▸ **Aim of the task**
Whenever "Seen" appears in a line, please copy that line from the data.

▸ **Dataset records**
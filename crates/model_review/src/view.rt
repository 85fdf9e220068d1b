ghost use Rattle.std.specs.Prelude.{◌≡◌, ℕ, ◌&&◌, ◌++◌, IfOk, OnOk, false, length, not, option_copied, option_map, option_to_list, slice_get, unwrap_or};
ghost use Rattle.std.specs.Option.{option_map_or};
ghost use Rattle.fault_system.specs.Truth.{member};
ghost use Rattle.propagation_points.specs.States.{all_variants};
ghost use Rattle.model_facts.specs.Assembly.{model_at, no_model};
ghost use Rattle.model_facts.specs.Assembly.{side_at};
ghost use Rattle.fact_formulas.specs.Facts.{fact_at};
ghost use Rattle.propagation_points.specs.Uses.{side_types};
ghost use Rattle.model_review.specs.Seen.{declared_for, is_always, is_error, is_error_event, is_lost_event, is_lost_fact, is_used, may_come, number_at, side_in, source_number, state_number, states_of, stops, types_in};
ghost use Rattle.system_review.specs.Alone.{made_by_fact};
ghost use Rattle.system_review.specs.Occurring.{used_in};
ghost use Rattle.system_review.specs.Possible.{always_in, possible_in};

use error_models::ErrorModel;
use fact_formulas::{NumberedModel, fact_at};
use fault_system::{Bits, FaultSystem};
use instantiator::Instance;
use model_facts::{Assembly, EventKey, EventKind, FactKey, FactKind, FactTable};
use plain_values::{List, Mem};
use propagation_links::{Link, PointAt};
use propagation_points::Side;
use std::alloc::{AllocError, Global};
use std::marker::Model;
use system_review::{made_by_event, made_by_fact};

/// A model whose facts and events are numbered, with its system: what a review looks at.
#[derive(Drop)]
pub(crate) struct View<'v> {
    assembly: &'v Assembly<'v>,
    model: &'v NumberedModel,
    possible: &'v Bits,
    always: &'v Bits,
    used: &'v Bits,
}

impl<'v> Model for View<'v> {
    ghost use Rattle.std.specs.Prelude.{◌≡◌, ℕ};
    ghost use Rattle.std.specs.Coded.{codes};
    ghost use Rattle.aadl_syntax.specs.contracts.error_model.Condition as condition;
    ghost use Rattle.propagation_points.specs.contracts.side.Side as side;
    ghost use Rattle.error_conditions.specs.contracts.cause.Cause as cause;
    ghost use Rattle.fault_system.specs.contracts.formula.Formula as formula;
    ghost use Rattle.fault_system.specs.Truth.{member};
    ghost use Rattle.system_review.specs.Occurring.{used_in};
    ghost use Rattle.system_review.specs.Possible.{always_in, possible_in};
    ghost use Rattle.model_review.specs.Seen.{Seen};

    ghost Value = { Seen };

    ghost coded = { Prim.hlevel (codes, condition.the_row.coded, side.the_row.coded, cause.the_row.coded, formula.the_row.coded) };

    ghost view = { λ v. record {
      numbered = record { assembly = v.assembly.now; universe = v.model.now.universe; facts = v.model.now.facts; events = v.model.now.events };
      system = v.model.now.system;
      effects = v.model.now.effects;
    } };

    ghost invariant = { λ v. ((n : ℕ) → member v.possible.now n ≡ possible_in v.model.now.system n)
        × ((n : ℕ) → member v.always.now n ≡ always_in v.model.now.system n)
        × ((n : ℕ) → member v.used.now n ≡ used_in v.model.now.system n) };
}

impl<'v> View<'v> {
    /// A model with its facts and events, in whose system these facts may come about, these always hold, and these occur in formulas.
    pub(crate) fn new(
        assembly: &'v Assembly<'v>,
        model: &'v NumberedModel,
        possible: &'v Bits,
        always: &'v Bits,
        used: &'v Bits,
    ) -> View<'v>
        requires possible { (n : ℕ) → member possible.now n ≡ possible_in model.now.system n }
        requires always { (n : ℕ) → member always.now n ≡ always_in model.now.system n }
        requires used { (n : ℕ) → member used.now n ≡ used_in model.now.system n }
        ensures { result ≡ record {
          numbered = record { assembly = assembly.now; universe = model.now.universe; facts = model.now.facts; events = model.now.events };
          system = model.now.system;
          effects = model.now.effects;
        } }
    {
        View {
            assembly,
            model,
            possible,
            always,
            used,
        }
    }

    /// The model.
    pub(crate) fn assembly(&self) -> &'v Assembly<'v>
        ensures { result.now ≡ self.now.numbered.assembly }
    {
        self.assembly
    }

    /// Its system.
    pub(crate) fn system(&self) -> &'v FaultSystem
        ensures { result.now ≡ self.now.system }
    {
        &self.model.system
    }

    /// The facts.
    pub(crate) fn facts(&self) -> &'v FactTable
        ensures { result.now ≡ self.now.numbered.facts }
    {
        &self.model.facts
    }

    /// The facts that are effects.
    pub(crate) fn effects(&self) -> &'v [u32]
        ensures { result.now ≡ self.now.effects }
    {
        self.model.effects.items()
    }

    /// Whether the event of a number is an error event.
    pub(crate) fn is_error_event(&self, number: u32) -> bool
        ensures { result ≡ is_error_event self.now number }
    {
        is_error_at(self.model.events.list(), number)
    }

    /// The instance.
    pub(crate) fn instance(&self) -> &'v Instance<'v, 'v>
        ensures { result.now ≡ self.now.numbered.assembly.instance }
    {
        self.assembly.instance()
    }

    /// The links.
    pub(crate) fn links(&self) -> &'v [Link]
        ensures { result.now ≡ self.now.numbered.assembly.links }
    {
        self.assembly.links()
    }

    /// The error model of a component; none where it has no classifier, and so nothing in it.
    pub(crate) fn model(&self, owner: u32) -> Option<&'v ErrorModel<'v>>
        ensures { unwrap_or (option_copied result) no_model ≡ model_at self.now.numbered.assembly owner }
    {
        self.assembly.model(owner)
    }

    /// A side of a point, if there is the point.
    pub(crate) fn side(&self, at: PointAt) -> Option<&'v Side>
        ensures { option_copied result ≡ side_at self.now.numbered.assembly at }
    {
        let model = self.assembly.model(at.component)?;
        let point = model.points.list().get(at.point as usize)?;
        Some(point.side(at.outward))
    }

    /// The types that may be at a side.
    pub(crate) fn types(&self, at: PointAt) -> &'v [u32]
        ensures { result.now ≡ types_in self.now at }
    {
        match self.side(at) {
            Some(side) => side_types(self.model.universe.items(), side),
            None => &[],
        }
    }

    /// The types that are declared for a side, if any are.
    pub(crate) fn declared(&self, at: PointAt) -> Option<&'v [u32]>
        ensures { option_map (λ types. types.now) result ≡ declared_for (side_in self.now at) }
    {
        match self.side(at) {
            Some(side) => declared_for(side),
            None => None,
        }
    }

    /// The number of the fact that a type is at a side, if it may be there.
    pub(crate) fn fact_at(&self, at: PointAt, number: u32) -> Option<u32>
        ensures { result ≡ number_at self.now at number }
    {
        self.model.facts.number(fact_at(number, at))
    }

    /// The number of the fact that a component is in a state.
    pub(crate) fn state(&self, owner: u32, state: u32) -> Option<u32>
        ensures { result ≡ state_number self.now owner state }
    {
        self.model.facts.number(FactKey {
            owner,
            kind: FactKind::State(state),
        })
    }

    /// The number of the event of a source.
    pub(crate) fn source(&self, owner: u32, flow: u32) -> Option<u32>
        ensures { result ≡ source_number self.now owner flow }
    {
        self.model.events.number(EventKey {
            owner,
            kind: EventKind::Source(flow),
        })
    }

    /// Whether a fact may come about.
    fn is_possible(&self, fact: u32) -> bool
        ensures { result ≡ possible_in self.now.system fact }
    {
        self.possible.has(fact)
    }

    /// Whether a fact occurs in a formula.
    fn is_used(&self, fact: u32) -> bool
        ensures { result ≡ used_in self.now.system fact }
    {
        self.used.has(fact)
    }

    /// Whether a fact is there, and may come about.
    pub(crate) fn may_come(&self, fact: Option<u32>) -> bool
        ensures { result ≡ may_come self.now fact }
    {
        match fact {
            Some(fact) => self.is_possible(fact),
            None => false,
        }
    }

    /// Whether a fact holds where no event occurs.
    fn always_holds(&self, fact: u32) -> bool
        ensures { result ≡ always_in self.now.system fact }
    {
        self.always.has(fact)
    }

    /// Whether a fact is there, and holds where no event occurs.
    pub(crate) fn is_always(&self, fact: Option<u32>) -> bool
        ensures { result ≡ is_always self.now fact }
    {
        match fact {
            Some(fact) => self.always_holds(fact),
            None => false,
        }
    }

    /// Whether a fact is there, may come about, and occurs in no formula.
    pub(crate) fn stops(&self, fact: Option<u32>) -> bool
        ensures { result ≡ stops self.now fact }
    {
        match fact {
            Some(fact) => self.is_possible(fact) && !self.is_used(fact),
            None => false,
        }
    }

    /// Whether a fact is there, and occurs in a formula.
    pub(crate) fn uses(&self, fact: Option<u32>) -> bool
        ensures { result ≡ is_used self.now fact }
    {
        match fact {
            Some(fact) => self.is_used(fact),
            None => false,
        }
    }

    /// The facts that a component is in its states.
    pub(crate) fn states(&self, alloc: Global, owner: u32) -> Mem<List<u32>>
        ensures { IfOk result (λ states. states ≡ states_of self.now owner) }
    {
        let mut states = List::new(alloc);
        for state in 0..self.count_states(owner) {
            self.add_state(&mut states, owner, state)?;
        }
        Ok(states)
    }

    fn count_states(&self, owner: u32) -> usize
        ensures { result ≡ length (all_variants (model_at self.now.numbered.assembly owner).states.sorts) }
    {
        match self.model(owner) {
            Some(model) => model.states.sorts.variants().len(),
            None => 0,
        }
    }

    fn add_state(&self, states: &mut List<u32>, owner: u32, state: usize) -> Mem<()>
        ensures { OnOk result (states.new ≡ states.old ++ option_to_list (state_number self.now owner state)) }
    {
        if state > 4_294_967_295 {
            return Err(AllocError);
        }
        states.push_some(self.state(owner, state as u32))?;
        Ok(())
    }

    /// Whether a fact may come about, and does not make another one hold by itself, by way of these alone.
    pub(crate) fn is_lost_fact(
        &self,
        alloc: Global,
        among: &[u32],
        target: u32,
        cause: Option<u32>,
    ) -> Mem<bool>
        ensures { IfOk result (λ lost. lost ≡ is_lost_fact self.now among.now target cause) }
    {
        match cause {
            Some(cause) => self.is_lost(alloc, among, target, cause),
            None => Ok(false),
        }
    }

    fn is_lost(&self, alloc: Global, among: &[u32], target: u32, cause: u32) -> Mem<bool>
        ensures { IfOk result (λ lost. lost ≡ (possible_in self.now.system cause && not (made_by_fact self.now.system among.now target cause))) }
    {
        if !self.is_possible(cause) {
            return Ok(false);
        }
        let made = made_by_fact(alloc, &self.model.system, among, target, cause)?;
        Ok(!made)
    }

    /// Whether an event does not make a fact hold by itself.
    pub(crate) fn is_lost_event(&self, target: u32, cause: Option<u32>) -> bool
        ensures { result ≡ is_lost_event self.now target cause }
    {
        match cause {
            Some(cause) => !made_by_event(&self.model.system, target, cause),
            None => false,
        }
    }
}

/// The types that may be at a side, where those of the universe may be at one without a set.
fn side_types<'v>(universe: &'v [u32], side: &'v Side) -> &'v [u32]
    ensures { result.now ≡ side_types universe.now side.now }
{
    match side {
        Side::Absent => &[],
        Side::Free => universe,
        Side::Declared(types) => types.items(),
    }
}

/// The types that are declared for a side, if any are.
pub(crate) fn declared_for(side: &Side) -> Option<&[u32]>
    ensures { option_map (λ types. types.now) result ≡ declared_for side.now }
{
    match side {
        Side::Absent | Side::Free => None,
        Side::Declared(types) => Some(types.items()),
    }
}

fn is_error_at(events: &[EventKey], number: u32) -> bool
    ensures { result ≡ option_map_or (λ event. is_error event.kind) (slice_get events.now number) false }
{
    match events.get(number as usize) {
        Some(event) => is_error(event.kind),
        None => false,
    }
}

/// Whether an event is an error event.
fn is_error(kind: EventKind) -> bool
    ensures { result ≡ is_error kind }
{
    match kind {
        EventKind::Declared(_) => true,
        EventKind::Source(_) | EventKind::Arrival(_, _) => false,
    }
}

▸ **Answer space**
ghost use Rattle.model_review.specs.Seen.{declared_for, is_always, is_error, is_error_event, is_lost_event, is_lost_fact, is_used, may_come, number_at, side_in, source_number, state_number, states_of, stops, types_in};
    ghost use Rattle.model_review.specs.Seen.{Seen};
    ghost Value = { Seen };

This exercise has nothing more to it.